# Dataset entries
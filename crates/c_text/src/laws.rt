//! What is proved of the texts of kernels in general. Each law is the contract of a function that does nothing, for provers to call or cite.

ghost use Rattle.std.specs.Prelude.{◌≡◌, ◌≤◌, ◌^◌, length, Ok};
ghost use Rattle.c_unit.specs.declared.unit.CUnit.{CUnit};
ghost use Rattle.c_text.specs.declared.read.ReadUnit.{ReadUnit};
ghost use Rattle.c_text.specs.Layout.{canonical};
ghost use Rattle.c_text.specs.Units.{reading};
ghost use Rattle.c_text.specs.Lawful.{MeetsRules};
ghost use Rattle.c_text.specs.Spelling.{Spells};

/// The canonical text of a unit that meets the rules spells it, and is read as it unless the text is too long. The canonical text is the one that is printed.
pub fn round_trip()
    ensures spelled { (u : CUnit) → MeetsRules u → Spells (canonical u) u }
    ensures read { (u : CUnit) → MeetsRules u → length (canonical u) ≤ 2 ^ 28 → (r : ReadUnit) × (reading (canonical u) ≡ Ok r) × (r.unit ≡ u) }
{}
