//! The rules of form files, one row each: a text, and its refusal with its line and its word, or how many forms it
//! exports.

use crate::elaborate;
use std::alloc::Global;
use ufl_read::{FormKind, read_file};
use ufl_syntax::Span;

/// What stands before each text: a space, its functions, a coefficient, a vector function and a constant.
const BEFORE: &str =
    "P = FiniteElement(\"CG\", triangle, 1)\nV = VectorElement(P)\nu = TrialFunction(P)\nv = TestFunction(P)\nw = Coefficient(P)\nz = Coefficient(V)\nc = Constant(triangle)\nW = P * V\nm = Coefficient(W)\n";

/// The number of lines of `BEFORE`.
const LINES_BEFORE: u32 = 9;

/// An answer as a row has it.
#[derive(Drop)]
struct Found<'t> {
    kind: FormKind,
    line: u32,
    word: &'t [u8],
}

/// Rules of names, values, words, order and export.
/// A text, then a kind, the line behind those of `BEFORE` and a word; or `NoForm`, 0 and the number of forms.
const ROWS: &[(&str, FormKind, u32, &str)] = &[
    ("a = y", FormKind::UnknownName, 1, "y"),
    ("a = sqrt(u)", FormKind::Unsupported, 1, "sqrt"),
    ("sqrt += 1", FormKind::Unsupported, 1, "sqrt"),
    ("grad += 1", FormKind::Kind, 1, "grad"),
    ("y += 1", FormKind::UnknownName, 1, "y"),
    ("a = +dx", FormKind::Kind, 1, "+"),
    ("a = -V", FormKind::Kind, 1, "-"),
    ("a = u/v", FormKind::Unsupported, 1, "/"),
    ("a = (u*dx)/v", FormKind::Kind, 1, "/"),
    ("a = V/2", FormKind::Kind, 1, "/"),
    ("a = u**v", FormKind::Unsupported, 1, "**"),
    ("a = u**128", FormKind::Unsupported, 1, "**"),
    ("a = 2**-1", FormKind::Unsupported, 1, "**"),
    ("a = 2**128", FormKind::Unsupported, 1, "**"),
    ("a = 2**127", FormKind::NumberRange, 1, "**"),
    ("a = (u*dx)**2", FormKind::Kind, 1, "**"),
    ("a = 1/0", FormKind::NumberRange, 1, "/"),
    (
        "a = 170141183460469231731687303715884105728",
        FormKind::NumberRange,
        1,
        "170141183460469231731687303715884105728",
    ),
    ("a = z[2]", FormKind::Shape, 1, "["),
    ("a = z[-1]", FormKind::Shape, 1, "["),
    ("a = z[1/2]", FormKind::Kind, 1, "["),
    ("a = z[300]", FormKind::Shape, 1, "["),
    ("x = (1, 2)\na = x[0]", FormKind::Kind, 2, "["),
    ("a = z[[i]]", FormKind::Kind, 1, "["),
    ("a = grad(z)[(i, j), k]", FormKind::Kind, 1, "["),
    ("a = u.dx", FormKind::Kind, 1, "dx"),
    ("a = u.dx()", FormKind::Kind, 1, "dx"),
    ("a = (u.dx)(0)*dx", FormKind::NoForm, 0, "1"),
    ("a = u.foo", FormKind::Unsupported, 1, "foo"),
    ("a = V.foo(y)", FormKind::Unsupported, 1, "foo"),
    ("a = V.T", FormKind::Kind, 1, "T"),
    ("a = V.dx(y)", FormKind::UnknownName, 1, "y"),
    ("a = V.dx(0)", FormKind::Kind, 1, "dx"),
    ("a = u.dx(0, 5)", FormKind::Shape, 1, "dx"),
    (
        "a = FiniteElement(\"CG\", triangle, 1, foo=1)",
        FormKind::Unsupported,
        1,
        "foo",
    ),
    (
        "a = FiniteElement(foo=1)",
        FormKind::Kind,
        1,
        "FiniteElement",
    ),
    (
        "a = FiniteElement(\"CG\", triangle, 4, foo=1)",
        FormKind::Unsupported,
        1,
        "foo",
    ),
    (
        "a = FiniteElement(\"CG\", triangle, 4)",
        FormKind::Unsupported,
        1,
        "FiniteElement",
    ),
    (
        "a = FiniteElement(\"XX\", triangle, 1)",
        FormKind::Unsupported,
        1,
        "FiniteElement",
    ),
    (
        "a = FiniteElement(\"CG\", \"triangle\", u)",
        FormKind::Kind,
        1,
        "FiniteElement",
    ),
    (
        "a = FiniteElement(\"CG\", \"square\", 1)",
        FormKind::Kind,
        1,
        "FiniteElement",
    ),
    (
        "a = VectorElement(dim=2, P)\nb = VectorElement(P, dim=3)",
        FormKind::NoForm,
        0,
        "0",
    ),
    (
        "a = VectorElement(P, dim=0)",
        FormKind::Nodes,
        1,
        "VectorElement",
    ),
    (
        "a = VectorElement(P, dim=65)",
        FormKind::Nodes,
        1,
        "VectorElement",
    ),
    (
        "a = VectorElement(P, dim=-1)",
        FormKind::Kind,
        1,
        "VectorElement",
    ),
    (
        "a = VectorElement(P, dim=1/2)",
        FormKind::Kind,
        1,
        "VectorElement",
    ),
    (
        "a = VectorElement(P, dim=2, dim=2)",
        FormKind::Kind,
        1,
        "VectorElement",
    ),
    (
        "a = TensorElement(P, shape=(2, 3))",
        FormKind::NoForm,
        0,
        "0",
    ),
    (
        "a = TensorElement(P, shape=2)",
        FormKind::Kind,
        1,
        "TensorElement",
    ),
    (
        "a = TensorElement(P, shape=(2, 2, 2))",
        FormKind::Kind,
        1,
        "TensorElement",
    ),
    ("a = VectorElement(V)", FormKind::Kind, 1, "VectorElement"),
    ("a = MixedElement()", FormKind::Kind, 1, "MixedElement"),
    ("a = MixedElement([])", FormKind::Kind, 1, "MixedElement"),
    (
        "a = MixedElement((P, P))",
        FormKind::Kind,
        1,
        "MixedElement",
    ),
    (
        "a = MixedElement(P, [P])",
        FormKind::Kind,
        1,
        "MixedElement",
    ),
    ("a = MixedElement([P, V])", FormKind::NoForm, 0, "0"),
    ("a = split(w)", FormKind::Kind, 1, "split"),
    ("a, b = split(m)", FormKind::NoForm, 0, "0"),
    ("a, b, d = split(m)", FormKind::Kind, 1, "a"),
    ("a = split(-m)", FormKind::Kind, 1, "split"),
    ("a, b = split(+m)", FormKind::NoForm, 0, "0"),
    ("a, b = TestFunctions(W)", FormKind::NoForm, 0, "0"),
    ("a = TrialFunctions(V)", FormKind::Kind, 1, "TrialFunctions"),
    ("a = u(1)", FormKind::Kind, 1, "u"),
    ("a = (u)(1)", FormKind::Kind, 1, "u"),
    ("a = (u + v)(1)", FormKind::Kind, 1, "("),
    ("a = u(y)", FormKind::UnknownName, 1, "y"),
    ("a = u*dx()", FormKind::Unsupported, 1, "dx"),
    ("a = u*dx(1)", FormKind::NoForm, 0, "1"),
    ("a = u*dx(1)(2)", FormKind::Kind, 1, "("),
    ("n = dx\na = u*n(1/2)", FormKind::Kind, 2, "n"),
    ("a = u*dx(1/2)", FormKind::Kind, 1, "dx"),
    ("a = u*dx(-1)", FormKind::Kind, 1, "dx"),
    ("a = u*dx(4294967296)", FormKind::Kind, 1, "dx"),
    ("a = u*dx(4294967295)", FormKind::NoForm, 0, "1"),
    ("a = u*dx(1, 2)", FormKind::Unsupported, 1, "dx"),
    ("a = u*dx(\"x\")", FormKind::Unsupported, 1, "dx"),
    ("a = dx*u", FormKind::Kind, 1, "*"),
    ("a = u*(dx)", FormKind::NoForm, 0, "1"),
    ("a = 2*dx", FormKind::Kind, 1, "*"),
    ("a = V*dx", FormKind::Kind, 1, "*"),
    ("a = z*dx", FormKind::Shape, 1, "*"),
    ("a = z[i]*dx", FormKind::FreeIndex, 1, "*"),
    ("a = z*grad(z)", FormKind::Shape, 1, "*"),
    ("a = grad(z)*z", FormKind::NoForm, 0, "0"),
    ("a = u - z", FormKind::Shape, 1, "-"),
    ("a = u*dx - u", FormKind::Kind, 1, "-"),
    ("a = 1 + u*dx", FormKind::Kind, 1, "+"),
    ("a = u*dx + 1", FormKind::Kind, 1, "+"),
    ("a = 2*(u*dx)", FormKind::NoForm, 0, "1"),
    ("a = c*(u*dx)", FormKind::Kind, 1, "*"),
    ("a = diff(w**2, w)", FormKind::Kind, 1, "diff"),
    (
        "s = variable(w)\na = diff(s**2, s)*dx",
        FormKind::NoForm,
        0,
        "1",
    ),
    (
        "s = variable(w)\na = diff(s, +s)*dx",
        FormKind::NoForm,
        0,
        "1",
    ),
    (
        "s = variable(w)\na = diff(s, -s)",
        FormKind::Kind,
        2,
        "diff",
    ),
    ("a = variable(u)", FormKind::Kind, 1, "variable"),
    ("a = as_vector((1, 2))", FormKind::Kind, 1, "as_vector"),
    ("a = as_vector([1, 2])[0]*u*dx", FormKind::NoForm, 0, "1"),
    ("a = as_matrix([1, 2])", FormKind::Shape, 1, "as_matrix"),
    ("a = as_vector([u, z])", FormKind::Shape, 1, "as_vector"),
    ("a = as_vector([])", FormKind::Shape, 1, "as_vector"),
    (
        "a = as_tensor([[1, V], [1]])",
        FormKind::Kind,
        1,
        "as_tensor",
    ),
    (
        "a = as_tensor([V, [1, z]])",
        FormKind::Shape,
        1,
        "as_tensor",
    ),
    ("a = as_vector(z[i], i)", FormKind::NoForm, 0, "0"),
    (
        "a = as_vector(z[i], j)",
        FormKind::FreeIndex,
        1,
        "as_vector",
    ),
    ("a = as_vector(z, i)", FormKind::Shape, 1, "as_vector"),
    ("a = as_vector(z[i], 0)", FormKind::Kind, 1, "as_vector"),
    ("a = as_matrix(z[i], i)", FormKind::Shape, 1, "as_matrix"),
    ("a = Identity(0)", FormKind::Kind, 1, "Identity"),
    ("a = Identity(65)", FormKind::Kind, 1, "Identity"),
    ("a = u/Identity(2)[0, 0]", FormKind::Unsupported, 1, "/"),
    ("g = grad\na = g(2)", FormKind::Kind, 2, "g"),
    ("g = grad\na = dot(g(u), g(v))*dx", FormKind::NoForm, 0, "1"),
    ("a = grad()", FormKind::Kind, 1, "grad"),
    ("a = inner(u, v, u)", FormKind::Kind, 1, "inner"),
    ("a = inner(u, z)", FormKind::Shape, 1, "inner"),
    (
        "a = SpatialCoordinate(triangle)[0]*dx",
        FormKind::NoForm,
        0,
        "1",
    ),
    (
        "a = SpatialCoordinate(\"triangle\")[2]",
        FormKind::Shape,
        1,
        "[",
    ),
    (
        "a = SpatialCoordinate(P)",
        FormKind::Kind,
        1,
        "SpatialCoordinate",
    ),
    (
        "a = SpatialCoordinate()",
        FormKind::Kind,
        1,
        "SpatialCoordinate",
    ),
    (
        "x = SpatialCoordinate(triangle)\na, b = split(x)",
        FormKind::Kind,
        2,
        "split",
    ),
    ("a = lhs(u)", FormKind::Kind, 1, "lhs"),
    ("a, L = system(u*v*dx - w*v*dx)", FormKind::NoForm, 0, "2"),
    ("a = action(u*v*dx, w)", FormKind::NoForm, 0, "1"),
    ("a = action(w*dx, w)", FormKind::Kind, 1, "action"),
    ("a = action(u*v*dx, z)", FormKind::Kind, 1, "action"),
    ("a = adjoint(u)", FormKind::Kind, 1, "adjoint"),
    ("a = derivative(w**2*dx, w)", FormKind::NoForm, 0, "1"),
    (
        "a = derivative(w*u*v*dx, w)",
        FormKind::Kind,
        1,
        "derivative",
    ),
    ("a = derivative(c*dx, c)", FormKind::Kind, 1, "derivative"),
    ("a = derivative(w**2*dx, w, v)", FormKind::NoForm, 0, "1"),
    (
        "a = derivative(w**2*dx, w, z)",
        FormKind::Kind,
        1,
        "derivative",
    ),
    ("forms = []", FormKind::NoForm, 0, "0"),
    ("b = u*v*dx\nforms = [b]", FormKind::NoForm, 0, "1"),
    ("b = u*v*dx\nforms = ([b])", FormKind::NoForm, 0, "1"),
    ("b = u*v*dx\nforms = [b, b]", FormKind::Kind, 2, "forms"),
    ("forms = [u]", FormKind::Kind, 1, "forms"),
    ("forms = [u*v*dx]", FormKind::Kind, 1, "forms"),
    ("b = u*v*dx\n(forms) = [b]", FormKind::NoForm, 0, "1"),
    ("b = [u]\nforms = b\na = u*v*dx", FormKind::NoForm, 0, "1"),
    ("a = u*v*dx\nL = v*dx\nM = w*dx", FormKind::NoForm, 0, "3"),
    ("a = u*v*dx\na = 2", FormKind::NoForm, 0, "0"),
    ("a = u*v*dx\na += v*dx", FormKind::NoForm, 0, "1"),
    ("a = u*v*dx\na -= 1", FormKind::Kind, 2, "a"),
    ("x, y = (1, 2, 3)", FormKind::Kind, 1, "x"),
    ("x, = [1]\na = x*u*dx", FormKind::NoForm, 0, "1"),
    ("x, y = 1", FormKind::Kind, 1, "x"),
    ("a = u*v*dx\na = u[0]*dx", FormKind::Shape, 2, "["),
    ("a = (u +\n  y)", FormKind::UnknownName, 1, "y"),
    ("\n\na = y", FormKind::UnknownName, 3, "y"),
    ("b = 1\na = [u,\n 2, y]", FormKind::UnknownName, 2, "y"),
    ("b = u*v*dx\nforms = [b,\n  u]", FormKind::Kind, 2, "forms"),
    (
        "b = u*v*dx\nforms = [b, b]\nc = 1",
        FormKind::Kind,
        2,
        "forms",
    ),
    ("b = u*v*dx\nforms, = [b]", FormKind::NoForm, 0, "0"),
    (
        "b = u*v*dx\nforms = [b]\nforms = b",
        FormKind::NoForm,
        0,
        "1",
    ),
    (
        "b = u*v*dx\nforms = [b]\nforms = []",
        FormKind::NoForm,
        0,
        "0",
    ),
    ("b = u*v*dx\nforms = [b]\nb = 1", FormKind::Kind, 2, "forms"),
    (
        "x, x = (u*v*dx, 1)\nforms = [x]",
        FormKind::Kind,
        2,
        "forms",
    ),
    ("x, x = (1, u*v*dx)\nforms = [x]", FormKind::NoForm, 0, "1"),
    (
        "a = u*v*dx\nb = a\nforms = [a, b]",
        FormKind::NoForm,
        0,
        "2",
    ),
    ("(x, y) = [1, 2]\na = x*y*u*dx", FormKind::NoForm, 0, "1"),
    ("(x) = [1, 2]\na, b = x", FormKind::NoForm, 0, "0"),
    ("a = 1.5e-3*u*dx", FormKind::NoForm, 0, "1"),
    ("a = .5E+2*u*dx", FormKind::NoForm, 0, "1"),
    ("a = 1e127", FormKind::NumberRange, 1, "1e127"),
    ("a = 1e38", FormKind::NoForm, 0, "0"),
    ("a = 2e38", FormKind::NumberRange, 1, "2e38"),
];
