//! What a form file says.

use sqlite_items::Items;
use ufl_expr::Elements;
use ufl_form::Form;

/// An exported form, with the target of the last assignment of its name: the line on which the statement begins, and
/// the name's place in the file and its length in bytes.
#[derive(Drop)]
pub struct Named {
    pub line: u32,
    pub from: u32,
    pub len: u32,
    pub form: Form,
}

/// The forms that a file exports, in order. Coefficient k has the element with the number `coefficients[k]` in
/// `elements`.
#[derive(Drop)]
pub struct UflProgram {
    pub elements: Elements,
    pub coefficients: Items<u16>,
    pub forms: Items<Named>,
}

# The problem
Examine the records and pull out every line where the string "UnknownName" occurs.

# Exercise response
    ("a = y", FormKind::UnknownName, 1, "y"),
    ("y += 1", FormKind::UnknownName, 1, "y"),
    ("a = V.dx(y)", FormKind::UnknownName, 1, "y"),
    ("a = u(y)", FormKind::UnknownName, 1, "y"),
    ("a = (u +\n  y)", FormKind::UnknownName, 1, "y"),
    ("\n\na = y", FormKind::UnknownName, 3, "y"),
    ("b = 1\na = [u,\n 2, y]", FormKind::UnknownName, 2, "y"),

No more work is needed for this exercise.